17. The invention according to claim 16, wherein the biasing
element comprises a textile material of woven construction formed
from a plurality of nylon yarns.
18. The invention according to claim 17, wherein said nylon yarns
are characterized by a linear density in the range of about 420
denier to about 840 denier.
19. The invention according to claim 15, wherein the biasing
element is substantially flat having a first face in contacting
relation to the air bag cushion upon deployment of the air bag
cushion and a second face extending away from the first face.
20. The invention according to claim 19, wherein a friction
reducing coating extends across at least a portion of the first
face of the biasing element.
21. The invention according to claim 20, wherein a friction
enhancing coating extends across at least a portion of the second
face of the biasing element.
Description
TECHNICAL FIELD
[0001] This invention relates to a vehicle air bag assembly, and
more particularly, to an air bag assembly for use in the protection
of a vehicle occupant during a side impact event.
BACKGROUND OF THE INVENTION
[0002] It is well known in motor vehicles to provide an air bag
assembly for the protection of a vehicle occupant.
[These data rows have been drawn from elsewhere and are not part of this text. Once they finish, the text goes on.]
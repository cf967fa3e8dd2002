//! A walk that lists all that is reached from a first one, each behind all that it leads to.

ghost use Rattle.std.specs.Prelude.{◌≡◌, ℕ, List, [], ◌∷◌, Option, true, false, IfOk, IfSome, IfNone, OnOk};
ghost use Rattle.lft_classes.specs.inner.Walks.{IsWalk, IsOrdered, IsTop, IsWalkOver, LeadsToNoMore, LeadsFirst, LeadsNoFurther, LeadsToNode, PassesDone, PassesTo, is_done, IsList, Lists};

use std::alloc::{AllocError, Global};
use std::collections::BTreeSet;

/// One that is gone over, and the number of the next one that it leads to.
#[derive(Clone, Copy, Debug, PartialEq, Eq)]
pub(crate) struct Visit {
    pub node: usize,
    pub next: usize,
}

/// How far a walk has come.
// Not the walk of `lft_lists`: this one begins at one reactor and counts what it lists, and each way may
// be refused.
// Sets of numbers, and no mark for each reactor of the program: a walk begins at each of
// them, for its bases. The path is a list, as no depth of calls may grow with the text.
#[derive(Drop)]
pub(crate) struct Traversal {
    /// Those that were gone over, in this order.
    listed: Vec<usize>,
    done: BTreeSet<usize>,
    met: BTreeSet<usize>,
    path: Vec<Visit>,
}

impl Traversal {
    /// Nothing is listed yet.
    pub(crate) fn of(alloc: Global, first: usize) -> Result<Traversal, AllocError>
        ensures walk { IfOk result (λ walk. (next : ℕ → ℕ → Option ℕ) → IsWalk next first walk) }
        ensures order { IfOk result (λ walk. (from : ℕ → ℕ → List ℕ) → IsOrdered from first walk) }
    {
        let listed = Vec::new(alloc);
        let done = BTreeSet::new(alloc);
        let mut met = BTreeSet::new(alloc);
        let mut path = Vec::new(alloc);
        met.insert(first)?;
        path.push(Visit {
            node: first,
            next: 0,
        })?;
        Ok(Traversal {
            listed,
            done,
            met,
            path,
        })
    }

    /// The one that is gone over now; None at the end of the walk.
    pub(crate) fn top(&self) -> Option<Visit>
        ensures some { IfSome result (IsTop self.now) }
        ensures none { IfNone result (IsWalkOver self.now) }
    {
        self.path.last().copied()
    }

    /// Whether it is listed.
    pub(crate) fn is_done(&self, node: usize) -> bool
        ensures { result ≡ is_done self.now node }
    {
        self.done.contains(&node)
    }

    /// The one that is gone over now leads to no more: it is listed.
    pub(crate) fn end(&mut self) -> Result<(), AllocError>
        ensures walk { OnOk result ((next : ℕ → ℕ → Option ℕ) (first : ℕ) → LeadsToNoMore next self.old → IsWalk next first self.old → IsWalk next first self.new) }
        ensures order { OnOk result ((from : ℕ → ℕ → List ℕ) (first : ℕ) → LeadsNoFurther from self.old → IsOrdered from first self.old → IsOrdered from first self.new) }
    {
        let Some(top) = self.path.pop() else {
            return Ok(());
        };
        self.listed.push(top.node)?;
        self.done.insert(top.node)?;
        Ok(())
    }

    /// What the one that is gone over now leads to before this number is listed.
    pub(crate) fn pass(&mut self, number: usize) -> Result<(), AllocError>
        ensures walk { OnOk result ((next : ℕ → ℕ → Option ℕ) (first : ℕ) → PassesTo next self.old number → IsWalk next first self.old → IsWalk next first self.new) }
        ensures order { OnOk result ((next : ℕ → ℕ → Option ℕ) (from : ℕ → ℕ → List ℕ) (first : ℕ) → PassesDone from self.old number → IsWalk next first self.old → IsOrdered from first self.old → IsOrdered from first self.new) }
    {
        let Some(top) = self.path.pop() else {
            return Ok(());
        };
        self.path.push(Visit {
            node: top.node,
            next: number,
        })?;
        Ok(())
    }

    /// Goes on with one that the one leads to which is gone over now. False if it was met before.
    pub(crate) fn enter(&mut self, node: usize) -> Result<bool, AllocError>
        ensures new { IfOk result (λ is_new. is_new ≡ true → (next : ℕ → ℕ → Option ℕ) (first : ℕ) → LeadsToNode next self.old node → IsWalk next first self.old → IsWalk next first self.new) }
        ensures order { IfOk result (λ is_new. is_new ≡ true → (next : ℕ → ℕ → Option ℕ) (from : ℕ → ℕ → List ℕ) (first : ℕ) → LeadsFirst from self.old node → IsWalk next first self.old → IsOrdered from first self.old → IsOrdered from first self.new) }
    {
        let is_new = self.met.insert(node)?;
        if is_new {
            self.path.push(Visit { node, next: 0 })?;
            return Ok(true);
        }
        Ok(false)
    }

    /// All that was listed.
    pub(crate) fn into_listed(self) -> Vec<usize>
        ensures list { (next : ℕ → ℕ → Option ℕ) (first : ℕ) → IsWalkOver self → IsWalk next first self → IsList next first result.items }
        ensures order { (from : ℕ → ℕ → List ℕ) (first : ℕ) → IsWalkOver self → IsOrdered from first self → Lists (λ r. from r 0) [] (first ∷ []) result.items }
    {
        let Traversal {
            listed,
            done: _,
            met: _,
            path: _,
        } = self;
        listed
    }
}
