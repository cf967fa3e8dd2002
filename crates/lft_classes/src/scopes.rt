//! What the names of reactors mean in each file.

ghost use Rattle.std.specs.Prelude.{◌≡◌, ◌≤◌, ◌<◌, ◌++◌, ℕ, List, [], Some, false, IfNone, IfOk, IfSome, OnOk, map, slice_get};
ghost use Rattle.lft_resolve.specs.inner.Tests.{texts};
ghost use Rattle.lft_whole.specs.declared.{sources.source.SourceFile.SourceFile, tree.{Import.Import, ImportedName.ImportedName}};
ghost use Rattle.lft_classes.specs.inner.Scopes.{in_scope, meaning_in, class_at, name_in, IsOf, AreNumberedClasses, IsOwn, IsImport, IsMain, IsMainClassAt, AreScopes, placed, reactors_in, reactors_of_file, EachMeans, HasImports, HasMeaning, HasOwn, IsGiven, IsMeantScope, IsOnce, IsOwnScope, IsScopeOf, IsOwnAt, AreOwnScopes, MeansAt, AreMeantScopes, reactors_before};

use lft_lists::item_at;
use lft_resolve::index::Index;
use lft_tag::NoMemory;
use lft_whole::sources::{NoProgram, SourceFile, Why};
use lft_whole::{Import, Reactor};
use std::alloc::Global;

/// A reactor as it is written, its number among those of all files, and the number of its file.
#[derive(Clone, Copy)]
pub struct Class<'a> {
    pub number: usize,
    pub file: usize,
    pub reactor: &'a Reactor,
}

/// A name, the reactor that it means, and the token that says so.
#[derive(Clone, Copy)]
struct NamedReactor<'a> {
    name: &'a str,
    class: Class<'a>,
    at: usize,
}

/// What the names of reactors mean in a file.
#[derive(Drop)]
struct Scope<'a> {
    names: Index<'a>,
    meanings: Vec<NamedReactor<'a>>,
}

/// The reactors of all files, by number, and what their names mean in each file.
#[derive(Drop)]
pub(crate) struct ReactorNames<'a> {
    classes: Vec<Class<'a>>,
    scopes: Vec<Scope<'a>>,
}

/// The names alone.
fn names_of<'a>(alloc: Global, meanings: &[NamedReactor<'a>]) -> Result<Vec<&'a str>, NoMemory>
    ensures { IfOk result (λ v. texts v.items ≡ map (λ m. m.name.now) meanings.now) }
{
    let mut names = Vec::new(alloc);
    for meaning in meanings {
        names.push(meaning.name)?;
    }
    Ok(names)
}

impl<'a> Scope<'a> {
    /// The scope with these meanings. Of a name that stands twice the first one counts.
    fn of(alloc: Global, meanings: Vec<NamedReactor<'a>>) -> Result<Scope<'a>, NoMemory>
        ensures { IfOk result (IsScopeOf meanings.entry.items) }
    {
        let texts = names_of(alloc, &meanings)?;
        let names = Index::of(alloc, &texts)?;
        Ok(Scope { names, meanings })
    }

    /// The reactor of this name.
    fn get(&self, name: &str) -> Option<Class<'a>>
        ensures { result ≡ in_scope self.now name.now }
    {
        match self.names.get(name) {
            Some(place) => match self.meanings.get(place) {
                Some(meaning) => Some(meaning.class),
                None => None,
            },
            None => None,
        }
    }
}

/// Puts the name of a reactor behind others, if it has one.
fn push_named<'a>(meanings: &mut Vec<NamedReactor<'a>>, class: Class<'a>) -> Result<(), NoMemory>
    ensures own { OnOk result ((files : List SourceFile) → IsOf files class.entry → EachMeans (IsOwnAt files class.entry.file) meanings.old.items → EachMeans (IsOwnAt files class.entry.file) meanings.new.items) }
    ensures kept { OnOk result ((q : List ℕ) (n : ℕ) → HasMeaning meanings.old.items q n → HasMeaning meanings.new.items q n) }
    ensures has { OnOk result ((q : List ℕ) → name_in class.entry ≡ Some q → HasMeaning meanings.new.items q class.entry.number) }
{
    let Some(name) = &class.reactor.name else {
        return Ok(());
    };
    meanings.push(NamedReactor {
        name: name.text.as_str(),
        class,
        at: class.reactor.at,
    })?;
    Ok(())
}

/// The reactors of a file that have a name. All its reactors are put behind those of the files before it.
fn own_scope<'a>(
    alloc: Global,
    number: usize,
    file: &'a SourceFile,
    classes: &mut Vec<Class<'a>>,
) -> Result<Scope<'a>, NoMemory>
    ensures own { IfOk result (λ scope. (files : List SourceFile) → slice_get files number ≡ Some file.now → placed classes.old.items ≡ reactors_before files number → IsOwnScope files number scope) }
    ensures classes { OnOk result (placed classes.new.items ≡ placed classes.old.items ++ reactors_of_file (number, file.now)) }
    ensures numbers { OnOk result (AreNumberedClasses classes.old.items → AreNumberedClasses classes.new.items) }
{
    let mut meanings = Vec::new(alloc);
    for place in 0..file.tree.reactors.len() {
        let class = Class {
            number: classes.len(),
            file: number,
            reactor: &file.tree.reactors[place],
        };
        push_named(&mut meanings, class)?;
        classes.push(class)?;
    }
    let scope = Scope::of(alloc, meanings)?;
    Ok(scope)
}

/// The reactor that an import of this name from a file gives: no main one.
fn exported<'a>(own: &[Scope<'a>], target: usize, name: &str) -> Option<Class<'a>>
    ensures some { IfSome result (λ class. (class.reactor.now.is_main ≡ false) × ((files : List SourceFile) → AreOwnScopes files own.now → IsOwn files target name.now class)) }
{
    // Among its own reactors alone: what a file imports it doesn't hand on.
    let Some(scope) = own.get(target) else {
        return None;
    };
    match scope.get(name) {
        Some(class) if !class.reactor.is_main => Some(class),
        _ => None,
    }
}

/// Puts the names that an import gives behind others.
fn push_names<'a>(
    meanings: &mut Vec<NamedReactor<'a>>,
    own: &[Scope<'a>],
    number: usize,
    target: usize,
    import: &'a Import,
) -> Result<(), NoProgram>
    ensures meant { OnOk result ((files : List SourceFile) → IsImport files number target import.now → AreOwnScopes files own.now → EachMeans (MeansAt files number) meanings.old.items → EachMeans (MeansAt files number) meanings.new.items) }
    ensures kept { OnOk result ((q : List ℕ) (n : ℕ) → HasMeaning meanings.old.items q n → HasMeaning meanings.new.items q n) }
    ensures all { OnOk result ((files : List SourceFile) → AreOwnScopes files own.now → (which : ℕ) (name : ImportedName) → slice_get import.now.names.items which ≡ Some name → IsGiven files target name meanings.new.items) }
{
    for place in 0..import.names.len() {
        let imported = &import.names[place];
        let Some(class) = exported(own, target, imported.name.text.as_str()) else {
            return Err(NoProgram::at(Why::NotImported, number, imported.name.at));
        };
        meanings.push(NamedReactor {
            name: imported.alias.text.as_str(),
            class,
            at: imported.alias.at,
        })?;
    }
    Ok(())
}

/// Puts the names that the imports of a file give behind others.
fn push_imports<'a>(
    meanings: &mut Vec<NamedReactor<'a>>,
    own: &[Scope<'a>],
    number: usize,
    file: &'a SourceFile,
) -> Result<(), NoProgram>
    ensures meant { OnOk result ((files : List SourceFile) → slice_get files number ≡ Some file.now → AreOwnScopes files own.now → EachMeans (MeansAt files number) meanings.old.items → EachMeans (MeansAt files number) meanings.new.items) }
    ensures kept { OnOk result ((q : List ℕ) (n : ℕ) → HasMeaning meanings.old.items q n → HasMeaning meanings.new.items q n) }
    ensures all { OnOk result ((files : List SourceFile) → slice_get files number ≡ Some file.now → AreOwnScopes files own.now → HasImports files number meanings.new.items) }
{
    // Equal, of a file that was read to its end. One that was refused has no numbers.
    let count = file.tree.imports.len().min(file.imports.len());
    for place in 0..count {
        let import = &file.tree.imports[place];
        push_names(meanings, own, number, file.imports[place], import)?;
    }
    Ok(())
}

/// What the names of reactors mean in a file without its imports.
fn own_meanings<'a>(
    alloc: Global,
    own: &[Scope<'a>],
    number: usize,
) -> Result<Vec<NamedReactor<'a>>, NoMemory>
    ensures meant { IfOk result (λ v. (files : List SourceFile) → AreOwnScopes files own.now → EachMeans (MeansAt files number) v.items) }
    ensures all { IfOk result (λ v. (files : List SourceFile) → AreOwnScopes files own.now → HasOwn files number v.items) }
{
    let Some(scope) = own.get(number) else {
        return Ok(Vec::new(alloc));
    };
    // A copy: imports are put behind it, and the scope itself is still asked for what the file hands on.
    let meanings = Vec::from_slice(alloc, &scope.meanings)?;
    Ok(meanings)
}

/// Refuses a name that means two reactors. One reactor may be imported twice.
fn refuse_twice(scope: &Scope, number: usize) -> Result<(), NoProgram>
    ensures once { OnOk result (IsOnce scope.now) }
{
    for place in 0..scope.meanings.len() {
        let meaning = item_at(&scope.meanings, place);
        if let Some(other) = scope.get(meaning.name)
            && other.number != meaning.class.number
        {
            return Err(NoProgram::at(Why::TwoReactors, number, meaning.at));
        }
    }
    Ok(())
}

/// What the names of reactors mean in a file: its own, and then those that it imports.
fn scope_of<'a>(
    alloc: Global,
    own: &[Scope<'a>],
    number: usize,
    file: &'a SourceFile,
) -> Result<Scope<'a>, NoProgram>
    ensures meant { IfOk result (λ scope. (files : List SourceFile) → slice_get files number ≡ Some file.now → AreOwnScopes files own.now → IsMeantScope files number scope) }
{
    let mut meanings = own_meanings(alloc, own, number)?;
    push_imports(&mut meanings, own, number, file)?;
    let scope = Scope::of(alloc, meanings)?;
    refuse_twice(&scope, number)?;
    Ok(scope)
}

/// The reactors of all files that have a name, file by file. All reactors are put in, where there are none yet.
fn own_scopes<'a>(
    alloc: Global,
    files: &'a [SourceFile],
    classes: &mut Vec<Class<'a>>,
) -> Result<Vec<Scope<'a>>, NoMemory>
    ensures own { IfOk result (λ own. placed classes.old.items ≡ [] → AreOwnScopes files.now own.items) }
    ensures classes { OnOk result (placed classes.old.items ≡ [] → placed classes.new.items ≡ reactors_in files.now) }
    ensures numbers { OnOk result (AreNumberedClasses classes.old.items → AreNumberedClasses classes.new.items) }
{
    let mut own = Vec::new(alloc);
    for number in 0..files.len() {
        let scope = own_scope(alloc, number, &files[number], classes)?;
        own.push(scope)?;
    }
    Ok(own)
}

/// What the names of reactors mean in each file.
fn all_scopes<'a>(
    alloc: Global,
    files: &'a [SourceFile],
    own: &[Scope<'a>],
) -> Result<Vec<Scope<'a>>, NoProgram>
    ensures meant { IfOk result (λ scopes. AreOwnScopes files.now own.now → AreMeantScopes files.now scopes.items) }
{
    let mut scopes = Vec::new(alloc);
    for number in 0..files.len() {
        let scope = scope_of(alloc, own, number, &files[number])?;
        scopes.push(scope)?;
    }
    Ok(scopes)
}

impl<'a> ReactorNames<'a> {
    /// The reactors of the files, and what their names mean.
    pub(crate) fn of(alloc: Global, files: &'a [SourceFile]) -> Result<ReactorNames<'a>, NoProgram>
        ensures scopes { IfOk result (AreScopes files.now) }
    {
        let mut classes = Vec::new(alloc);
        // The names of all files come before the first import, as files may import each other.
        let own = own_scopes(alloc, files, &mut classes)?;
        let scopes = all_scopes(alloc, files, &own)?;
        Ok(ReactorNames { classes, scopes })
    }

    /// The reactor of this number.
    pub(crate) fn class(&self, number: usize) -> Option<Class<'a>>
        ensures { result ≡ class_at self.now number }
    {
        self.classes.get(number).copied()
    }

    /// How many reactors there are.
    pub(crate) fn len(&self) -> usize {
        self.classes.len()
    }

    /// What the name means in the file.
    pub(crate) fn get(&self, file: usize, name: &str) -> Option<Class<'a>>
        ensures { result ≡ meaning_in self.now file name.now }
    {
        match self.scopes.get(file) {
            Some(scope) => scope.get(name),
            None => None,
        }
    }

    /// The next main reactor of the first file, from this number on.
    fn next_main(&self, from: usize) -> Option<(usize, Class<'a>)>
        ensures some { IfSome result (λ found. IsMainClassAt self.now found.0 found.1 × (from ≤ found.0) × (found.0 < usize.MAX)) }
        ensures first { IfSome result (λ found. (number : ℕ) (c : Class) → from ≤ number → number < found.0 → IsMainClassAt self.now number c → ⊥) }
        ensures none { IfNone result ((number : ℕ) (c : Class) → from ≤ number → IsMainClassAt self.now number c → ⊥) }
    {
        for place in from..self.classes.len() {
            let class = item_at(&self.classes, place);
            if class.file == 0 && class.reactor.is_main {
                return Some((place, class));
            }
        }
        None
    }

    /// The main reactor of the first file, which ends at the token.
    pub(crate) fn main(&self, end: usize) -> Result<Class<'a>, NoProgram>
        ensures main { IfOk result (IsMain self.now) }
    {
        let Some((place, class)) = self.next_main(0) else {
            return Err(NoProgram::at(Why::NoMain, 0, end));
        };
        // It never saturates: a reactor stands at the place before.
        if let Some((_, second)) = self.next_main(place.saturating_add(1)) {
            return Err(NoProgram::at(Why::TwoMains, 0, second.reactor.at));
        }
        Ok(class)
    }
}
Such air bag
assemblies typically include an inflatable cushion structure in
fluid communication with a gas emitting inflator. Upon the
occurrence of predetermined vehicle conditions, such as
deceleration exceeding a certain level, a signal is sent via
appropriate sensors to the gas emitting inflator thereby causing
the inflator to discharge gas into the air bag cushion forcing the
air bag cushion outwardly from a stored position into an operative
position between the occupant to be protected and the interior
portions of the vehicle against which the occupant might otherwise
come in contact. The presence of the inflated air bag cushion
between the occupant and the interior portions of the vehicle
provides a cushioning effect as the occupant impacts the inflated
cushion thereby dissipating the kinetic energy of the occupant in a
controlled manner.
[0003] It is also known to provide an air bag assembly for the side
impact protection of a vehicle occupant. The prior art has
disclosed side impact air bag assemblies which have either one
cushion or a plurality of cushions which deploy to protect the head
and/or the torso portions of a vehicle occupant against impact with
the door panels or other side portions of the vehicle interior.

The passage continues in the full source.